Светлый фон

– Милый, что с тобой?! – ахнула Пенни и бросилась ко мне на шею.

– Ничего страшного… – Я осторожно освободился и глянул в бочку с водой. – М-да…

– Ничего страшного? – грозно завопила Пенелопа. – Ты говоришь, ничего страшного? Надеюсь, ты убил эту сволочь?

– Угу… – показал я на дохлого кафра, уже начинавшего пованивать. – Совсем сдурел клятый ниггер.

– Это Мбота, – скорбно пояснил падре Жозеф. – Страдания лишили его разума.

– А я лишу этих макак жизни! – Пенни вскинула винчестер.

Аборигены, как цыплятки к несушке, подбежали к священнику и скучковались за его спиной. А сам иезуит сделал шаг вперед, поднял руки и, трагически играя голосом, заявил:

– Нет, смилуйтесь! Они же как дети! Если вам нужна чья-то жизнь, забирайте мою!

Надо сказать, в этот момент он был похож на какого-то библейского святого, идущего на костер за свои убеждения. А точнее, на голливудского актера вторых ролей, отвратительно играющего этого святого.

– Оставь… – я опустил ствол карабина Пенелопы, – хрен с ними.
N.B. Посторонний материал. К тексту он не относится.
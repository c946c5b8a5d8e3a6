// Why a line isn't read.
use std::alloc::AllocError;
use term_reader::TermFault;
use thiserror::Error;

/// Why a line isn't read.
#[derive(Debug, Drop, Error)]
pub enum LineFault {
    /// From this place on no line of the grammar goes so, or here begins a second time that is less than the first.
    #[error("syntax at {0}")]
    Syntax(usize),
    #[error("out of memory")]
    Memory,
}

impl From<AllocError> for LineFault {
    ghost use Rattle.std.specs.Prelude.{◌≡◌};
    ghost use Rattle.event_reader.specs.declared.faults.LineFault.TheVariants.{Memory};

    ghost from_gives = { λ _ r. r ≡ Memory };

    fn from(_error: AllocError) -> LineFault {
        LineFault::Memory
    }
}

impl From<TermFault> for LineFault {
    ghost use Rattle.std.specs.Prelude.{◌≡◌};
    ghost use Rattle.event_reader.specs.Faults.{line_fault};

    ghost from_gives = { λ fault r. r ≡ line_fault fault };

    fn from(fault: TermFault) -> LineFault {
        match fault {
            TermFault::Syntax(at) => LineFault::Syntax(at),
            TermFault::TooDeep(at) => LineFault::Syntax(at),
            TermFault::TooWide(at) => LineFault::Syntax(at),
            TermFault::NumberRange(at) => LineFault::Syntax(at),
            TermFault::Memory => LineFault::Memory,
        }
    }
}
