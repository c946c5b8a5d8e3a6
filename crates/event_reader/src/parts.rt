// What a byte is to the grammar of lines.
ghost use Rattle.std.specs.Prelude.{◌≡◌};
ghost use Rattle.event_reader.specs.Machine.{part_of, DigitFits};

/// What a byte is to the grammar of lines; a digit has its value.
#[derive(Clone, Copy)]
pub(crate) enum Part {
    Blank,
    Digit(u8),
    Plus,
    Minus,
    Bang,
    Hash,
    Stop,
    Other,
}

/// The part that a byte is.
pub(crate) fn classify(byte: u8) -> Part
    ensures part { result ≡ part_of byte }
    ensures digit { DigitFits result }
{
    match byte {
        b' ' | b'\t' => Part::Blank,
        b'+' => Part::Plus,
        b'-' => Part::Minus,
        b'!' => Part::Bang,
        b'#' => Part::Hash,
        b'.' => Part::Stop,
        _ => {
            if byte >= b'0' && byte <= b'9' {
                Part::Digit(byte - b'0')
            } else {
                Part::Other
            }
        }
    }
}
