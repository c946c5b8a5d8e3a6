// The streams and files of the system. What std tells of their bytes is passed on.
ghost use Rattle.std.specs.Prelude.{◌≡◌, ℕ, List, Bool, true, false, Option, None, is_some, IsTrue, length, if◌then◌else◌};

use crate::ports::{Failed, Shelf, Sink, Source};
use crate::whole::copy_front;
use std::alloc::Global;
use std::fs;
use std::io::{self, Read, Seek, SeekFrom, Write};
use std::rt::Files;

const CHUNK: usize = 8192;

/// A reader of std, which tells its bytes or doesn't.
#[derive(Drop)]
pub struct FromReader<R: Read> {
    inner: R,
    tells: bool,
    faults: u64,
    ghost told: { tells ≡ true → is_some (R.remaining inner) ≡ true },
}

impl<R: Read> FromReader<R> {
    /// Over a reader of which nothing is known.
    pub fn new(inner: R) -> Self
        ensures left { ⟦<FromReader<R> as Source>⟧.left result ≡ None }
        ensures faults { ⟦<FromReader<R> as Source>⟧.faults result ≡ 0 }
    {
        FromReader {
            inner,
            tells: false,
            faults: 0,
        }
    }

    /// Over a reader whose bytes are known.
    pub fn telling(inner: R) -> Self
        requires { is_some (R.remaining inner) ≡ true }
        ensures left { ⟦<FromReader<R> as Source>⟧.left result ≡ R.remaining inner }
        ensures faults { ⟦<FromReader<R> as Source>⟧.faults result ≡ 0 }
    {
        FromReader {
            inner,
            tells: true,
            faults: 0,
        }
    }
}

impl<R: Read> Source for FromReader<R> {
    ghost left = { λ s. if s.tells then R.remaining s.inner else None };

    ghost faults = { λ s. s.faults };

    fn read(&mut self, buf: &mut [u8]) -> Result<usize, Failed> {
        let mut chunk = [0u8; CHUNK];
        let room = buf.len().min(CHUNK);
        match self.inner.read(&mut chunk[..room]) {
            Ok(n) => {
                copy_front(buf, &chunk[..n]);
                Ok(n)
            }
            Err(_) => {
                self.faults = self.faults.saturating_add(1);
                Err(Failed)
            }
        }
    }
}

/// A writer of std, which tells its bytes or doesn't.
#[derive(Drop)]
pub struct ToWriter<W: Write> {
    inner: W,
    tells: bool,
    faults: u64,
    ghost told: { tells ≡ true → is_some (W.contents inner) ≡ true },
}

impl<W: Write> ToWriter<W> {
    /// Over a writer of which nothing is known.
    pub fn new(inner: W) -> Self
        ensures got { ⟦<ToWriter<W> as Sink>⟧.got result ≡ None }
        ensures faults { ⟦<ToWriter<W> as Sink>⟧.faults result ≡ 0 }
    {
        ToWriter {
            inner,
            tells: false,
            faults: 0,
        }
    }

    /// Over a writer whose bytes are known.
    pub fn telling(inner: W) -> Self
        requires { is_some (W.contents inner) ≡ true }
        ensures got { ⟦<ToWriter<W> as Sink>⟧.got result ≡ W.contents inner }
        ensures faults { ⟦<ToWriter<W> as Sink>⟧.faults result ≡ 0 }
    {
        ToWriter {
            inner,
            tells: true,
            faults: 0,
        }
    }
}

impl<W: Write> Sink for ToWriter<W> {
    ghost got = { λ s. if s.tells then W.contents s.inner else None };

    ghost faults = { λ s. s.faults };

    fn write(&mut self, bytes: &[u8]) -> Result<usize, Failed> {
        match self.inner.write(bytes) {
            Ok(n) => {
                if n > 0 || bytes.is_empty() {
                    return Ok(n);
                }
            }
            Err(_) => {}
        }
        self.faults = self.faults.saturating_add(1);
        Err(Failed)
    }
}

// A file that is open, and the place up to which it was read.
#[derive(Drop)]
struct OpenFile {
    name: String,
    file: fs::File,
    place: u64,
}

impl OpenFile {
    ghost use Rattle.std.specs.Io.{ReadsAtMost};

    // Reads on where that is the place that is asked for, so that a pipe can be read too, and seeks only elsewhere.
    fn read_at(&mut self, at: u64, buf: &mut [u8]) -> io::Result<usize>
        ensures { ReadsAtMost result buf.new }
    {
        if at != self.place {
            self.place = self.file.seek(SeekFrom::Start(at))?;
        }
        let n = self.file.read(buf)?;
        self.place = self.place.saturating_add(n as u64);
        Ok(n)
    }
}

/// The files of the system, of whose bytes nothing is known. The file that was read last stays open, so that a pipe
/// is read to its end too.
#[derive(Drop)]
pub struct FileShelf<R> {
    alloc: Global,
    files: R,
    open: Option<OpenFile>,
    faults: u64,
}

impl<R: Files<File = fs::File>> FileShelf<R> {
    ghost use Rattle.std.specs.Io.{ReadsAtMost};

    /// Over the files that the runtime opens.
    pub fn new(alloc: Global, files: R) -> Self
        ensures serves { (name : List ℕ) → IsTrue (⟦<FileShelf<R> as Shelf>⟧.serves result name) }
        ensures holds { (name : List ℕ) → ⟦<FileShelf<R> as Shelf>⟧.holds result name ≡ None }
        ensures faults { ⟦<FileShelf<R> as Shelf>⟧.faults result ≡ 0 }
    {
        FileShelf {
            alloc,
            files,
            open: None,
            faults: 0,
        }
    }

    // The file of that name: the one that is open, where it has that name and isn't read from its begin.
    fn take_file(&mut self, name: &str, at: u64) -> io::Result<OpenFile>
        ensures { self.new.faults ≡ self.old.faults }
    {
        if let Some(open) = self.open.take() {
            if at > 0 && open.name.as_str() == name {
                return Ok(open);
            }
        }
        Ok(OpenFile {
            name: String::from_str(self.alloc, name)?,
            file: fs::open(&self.files, name)?,
            place: 0,
        })
    }

    fn try_read(&mut self, name: &str, at: u64, buf: &mut [u8]) -> io::Result<usize>
        ensures bound { ReadsAtMost result buf.new }
        ensures faults { self.new.faults ≡ self.old.faults }
    {
        let mut open = self.take_file(name, at)?;
        let read = open.read_at(at, buf);
        self.open = Some(open);
        read
    }
}

impl<R: Files<File = fs::File>> Shelf for FileShelf<R> {
    ghost serves = { λ s name. true };

    ghost holds = { λ s name. None };

    ghost faults = { λ s. s.faults };

    fn read_at(&mut self, name: &str, at: u64, buf: &mut [u8]) -> Result<usize, Failed> {
        match self.try_read(name, at, buf) {
            Ok(n) => Ok(n),
            Err(_) => {
                self.faults = self.faults.saturating_add(1);
                Err(Failed)
            }
        }
    }
}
Тут такое дело. Я там привязал к дереву чертова Адольфо, так вот, он мне срочно нужен.

– Видели мы его, – хихикнула Пенни. – Сопляк получил по заслугам.

– Не понял.

– Парня сожрали звери, – пожала плечами она. – Одни кости да сапоги остались. А зачем он тебе?

– Тайник пуст, – я со злостью пнул пустую консервную банку, – понимаешь, он пуст! Вот зараза!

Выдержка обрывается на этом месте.